— Dataset records —
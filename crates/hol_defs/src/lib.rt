//! The symbols of a run: the constants and type operators that are taken beside the primitive ones.
//!
//! A name that is neither primitive nor defined is an input, taken where it is first used: as a constant at any
//! type, as an operator once for each number of arguments. Constants and operators have names apart. A constant is
//! defined by a closed term, whose type is its generic type; an operator by a predicate over its type variables, with a
//! constant from the type of which it is a part, and one to that type. A definition is refused for the first condition
//! that fails. What is kept of each symbol are numbers of a table of terms: the value is the list of what is kept, in
//! order of taking, and `symbols_at` gives the symbols by the trees of a table that has these numbers. A second use of a
//! name changes nothing, and after a refusal or want of memory the symbols are as before. Symbols are found by tables,
//! however many are taken.
//!
//! ```
//! let mut symbols = Symbols::new(alloc)?;
//! symbols.use_op(&Name::single(alloc, b"list")?, 1)?;
//! symbols.use_const(&mut table, &Name::single(alloc, b"nil")?, ty)?;
//! symbols.define(&mut table, &Name::single(alloc, b"T")?, truth)?;
//! ```
#![tactic(auto)]

ghost use Rattle.std.specs.Prelude.{◌≡◌, ◌<◌, List, [], length, IfOk, IfSome};
ghost use Rattle.std.specs.Option.{option_map, option_or};
ghost use Rattle.hol_spec.specs.Lists.{is_in};
ghost use Rattle.hol_spec.specs.NameEquality.{name_eq};
ghost use Rattle.hol_spec.specs.Types.{HolType};
ghost use Rattle.hol_spec.specs.Symbols.{generic_type, operator_arity, is_taken_constant, is_taken_operator};
ghost use Rattle.hol_term.specs.Tables.{Trees};
ghost use Rattle.hol_defs.specs.Generics.{generic_at, generic_of, number_at, IsGenericKnown};
ghost use Rattle.hol_defs.specs.Indexes.{inputs_of, uses_of, same_use};
ghost use Rattle.hol_defs.specs.Kinds.{constant_kind, operator_kind, first_kind};
ghost use Rattle.hol_defs.specs.Symbols.{symbols_at, AreKnownSymbols};

mod constants;
mod entry;
mod judging;
mod lists;
mod operators;
mod primitive;
mod readers;
mod tables;
mod uses;

use crate::entry::Entry;
use crate::primitive::{Primitive, arity_of};
use crate::tables::{Arities, Generics, NameSet, Uses};
use common::Memory;
use hol_name::Name;
use hol_type::TypeId;
pub use readers::{SymbolView, TypeOpView};
use std::alloc::Global;
use std::marker::Model;

/// How a name is taken.
#[derive(Clone, Copy, Debug, PartialEq, Eq)]
pub enum SymbolKind {
    /// It is one of the primitive symbols.
    Primitive,
    /// It was used without a definition.
    Input,
    /// It was defined.
    Defined,
}

/// The generic type of a constant: it stands at the instances of this type alone.
#[derive(Clone, Copy, Debug, PartialEq, Eq)]
pub enum Generic {
    /// That of equality, `A -> A -> bool`.
    Eq,
    /// That of choice, `(A -> bool) -> A`.
    Select,
    /// That of a defined constant, which has this number.
    Defined(TypeId),
}

/// The symbols that are taken, in order of taking.
#[derive(Drop)]
pub struct Symbols {
    pub(crate) alloc: Global,
    pub(crate) taken: Vec<Entry>,
    // The input constants.
    pub(crate) inputs: NameSet,
    // The defined constants.
    pub(crate) generics: Generics,
    // The input operators, and their names.
    pub(crate) uses: Uses,
    pub(crate) names: NameSet,
    // The defined operators.
    pub(crate) arities: Arities,
}

impl Model for Symbols {
    ghost use Rattle.std.specs.Prelude.{List, map};
    ghost use Rattle.std.specs.Coded.{coded_list};
    ghost use Rattle.hol_defs.specs.Symbols.{Taken, coded_taken};
    ghost use Rattle.hol_defs.specs.Indexes.{taken_of};

    ghost Value = { List Taken };

    ghost coded = { coded_list coded_taken };

    ghost view = { λ s. map taken_of s.taken.items };

    ghost use Rattle.hol_defs.specs.Indexes.{IsIndexed};

    ghost invariant = { λ s. IsIndexed (map taken_of s.taken.items) s.inputs s.generics s.uses s.names s.arities };
}

impl Symbols {
    /// No symbol beside the primitive ones.
    pub fn new(alloc: Global) -> Result<Symbols, Memory>
        ensures empty { IfOk result (λ symbols. symbols ≡ []) }
        ensures known { IfOk result (λ symbols. (trees : Trees) → AreKnownSymbols trees symbols) }
    {
        Ok(Symbols {
            alloc,
            taken: Vec::new(alloc),
            inputs: NameSet::new(alloc),
            generics: Generics::new(alloc),
            uses: Uses::new(alloc),
            names: NameSet::new(alloc),
            arities: Arities::new(alloc),
        })
    }

    /// How the name is taken as a constant: `None` exactly where it isn't.
    pub fn const_kind(&self, name: &Name) -> Option<SymbolKind>
        ensures kind { (trees : Trees) → AreKnownSymbols trees self.now → result ≡ constant_kind (symbols_at trees self.now) name.now }
    {
        kind_by(
            Primitive::named(name).is_some(),
            self.generics.find(name).is_some(),
            self.inputs.has(name),
        )
    }

    /// How the name is taken as an operator, with any number of arguments: `None` exactly where it isn't.
    pub fn op_kind(&self, name: &Name) -> Option<SymbolKind>
        ensures kind { (trees : Trees) → result ≡ operator_kind (symbols_at trees self.now) name.now }
    {
        kind_by(
            arity_of(name).is_some(),
            self.arities.find(name).is_some(),
            self.names.has(name),
        )
    }

    /// The generic type of a primitive or defined constant: `None` exactly where the name is neither.
    pub fn generic(&self, name: &Name) -> Option<Generic>
        ensures tells { (trees : Trees) → AreKnownSymbols trees self.now →
            option_map (generic_at trees.types) result ≡ generic_type (symbols_at trees self.now) name.now }
        ensures known { (trees : Trees) → AreKnownSymbols trees self.now → IfSome result (λ generic. IsGenericKnown trees.types generic) }
    {
        told(Primitive::named(name), self.generics.find(name))
    }

    /// How many symbols are taken.
    pub fn count(&self) -> usize
        ensures { result ≡ length self.now }
    {
        self.taken.len()
    }

    // How many arguments a primitive or defined operator takes.
    pub(crate) fn arity(&self, name: &Name) -> Option<usize>
        ensures { (trees : Trees) → result ≡ operator_arity (symbols_at trees self.now) name.now }
    {
        arity_of(name).or(self.arities.find(name))
    }

    // Whether the name is an input constant.
    pub(crate) fn is_input(&self, name: &Name) -> bool
        ensures { result ≡ is_in name_eq name.now (inputs_of self.now) }
    {
        self.inputs.has(name)
    }

    // Whether this is an input operator with so many arguments.
    pub(crate) fn is_use(&self, operator: &(Name, usize)) -> bool
        ensures { result ≡ is_in same_use operator.now (uses_of self.now) }
    {
        self.uses.has(operator)
    }

    // Whether a constant has the name.
    pub(crate) fn is_constant(&self, name: &Name) -> bool
        ensures { (trees : Trees) → AreKnownSymbols trees self.now → result ≡ is_taken_constant (symbols_at trees self.now) name.now }
    {
        self.const_kind(name).is_some()
    }

    // Whether an operator has the name.
    pub(crate) fn is_operator(&self, name: &Name) -> bool
        ensures { (trees : Trees) → result ≡ is_taken_operator (symbols_at trees self.now) name.now }
    {
        self.op_kind(name).is_some()
    }
}

// How a name is taken that is primitive, defined or an input.
fn kind_by(primitive: bool, defined: bool, input: bool) -> Option<SymbolKind>
    ensures { result ≡ first_kind primitive defined input }
{
    if primitive {
        Some(SymbolKind::Primitive)
    } else if defined {
        Some(SymbolKind::Defined)
    } else if input {
        Some(SymbolKind::Input)
    } else {
        None
    }
}

// The generic type of a primitive constant, or else of a defined one.
fn told(primitive: Option<Primitive>, defined: Option<TypeId>) -> Option<Generic>
    ensures tells { (types : List HolType) →
        option_map (generic_at types) result ≡ option_or (option_map generic_of primitive) (option_map (number_at types) defined) }
    ensures known { (types : List HolType) → IfSome defined (λ id. id.0 < length types) → IfSome result (λ generic. IsGenericKnown types generic) }
{
    match primitive {
        Some(Primitive::Equality) => Some(Generic::Eq),
        Some(Primitive::Choice) => Some(Generic::Select),
        None => defined_type(defined),
    }
}

// The generic type of a defined constant.
fn defined_type(defined: Option<TypeId>) -> Option<Generic>
    ensures tells { (types : List HolType) → option_map (generic_at types) result ≡ option_map (number_at types) defined }
    ensures known { (types : List HolType) → IfSome defined (λ id. id.0 < length types) → IfSome result (λ generic. IsGenericKnown types generic) }
{
    match defined {
        Some(id) => Some(Generic::Defined(id)),
        None => None,
    }
}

— What this task involves —
Please restate only the opening stretch of the records above: every line from the first through the one containing "use hol_type::TypeId;", exactly as written.

— Exercise result —
filename crates/hol_defs/src/lib.rt
//! The symbols of a run: the constants and type operators that are taken beside the primitive ones.
//!
//! A name that is neither primitive nor defined is an input, taken where it is first used: as a constant at any
//! type, as an operator once for each number of arguments. Constants and operators have names apart. A constant is
//! defined by a closed term, whose type is its generic type; an operator by a predicate over its type variables, with a
//! constant from the type of which it is a part, and one to that type. A definition is refused for the first condition
//! that fails. What is kept of each symbol are numbers of a table of terms: the value is the list of what is kept, in
//! order of taking, and `symbols_at` gives the symbols by the trees of a table that has these numbers. A second use of a
//! name changes nothing, and after a refusal or want of memory the symbols are as before. Symbols are found by tables,
//! however many are taken.
//!
//! ```
//! let mut symbols = Symbols::new(alloc)?;
//! symbols.use_op(&Name::single(alloc, b"list")?, 1)?;
//! symbols.use_const(&mut table, &Name::single(alloc, b"nil")?, ty)?;
//! symbols.define(&mut table, &Name::single(alloc, b"T")?, truth)?;
//! ```
#![tactic(auto)]

ghost use Rattle.std.specs.Prelude.{◌≡◌, ◌<◌, List, [], length, IfOk, IfSome};
ghost use Rattle.std.specs.Option.{option_map, option_or};
ghost use Rattle.hol_spec.specs.Lists.{is_in};
ghost use Rattle.hol_spec.specs.NameEquality.{name_eq};
ghost use Rattle.hol_spec.specs.Types.{HolType};
ghost use Rattle.hol_spec.specs.Symbols.{generic_type, operator_arity, is_taken_constant, is_taken_operator};
ghost use Rattle.hol_term.specs.Tables.{Trees};
ghost use Rattle.hol_defs.specs.Generics.{generic_at, generic_of, number_at, IsGenericKnown};
ghost use Rattle.hol_defs.specs.Indexes.{inputs_of, uses_of, same_use};
ghost use Rattle.hol_defs.specs.Kinds.{constant_kind, operator_kind, first_kind};
ghost use Rattle.hol_defs.specs.Symbols.{symbols_at, AreKnownSymbols};

mod constants;
mod entry;
mod judging;
mod lists;
mod operators;
mod primitive;
mod readers;
mod tables;
mod uses;

use crate::entry::Entry;
use crate::primitive::{Primitive, arity_of};
use crate::tables::{Arities, Generics, NameSet, Uses};
use common::Memory;
use hol_name::Name;
use hol_type::TypeId;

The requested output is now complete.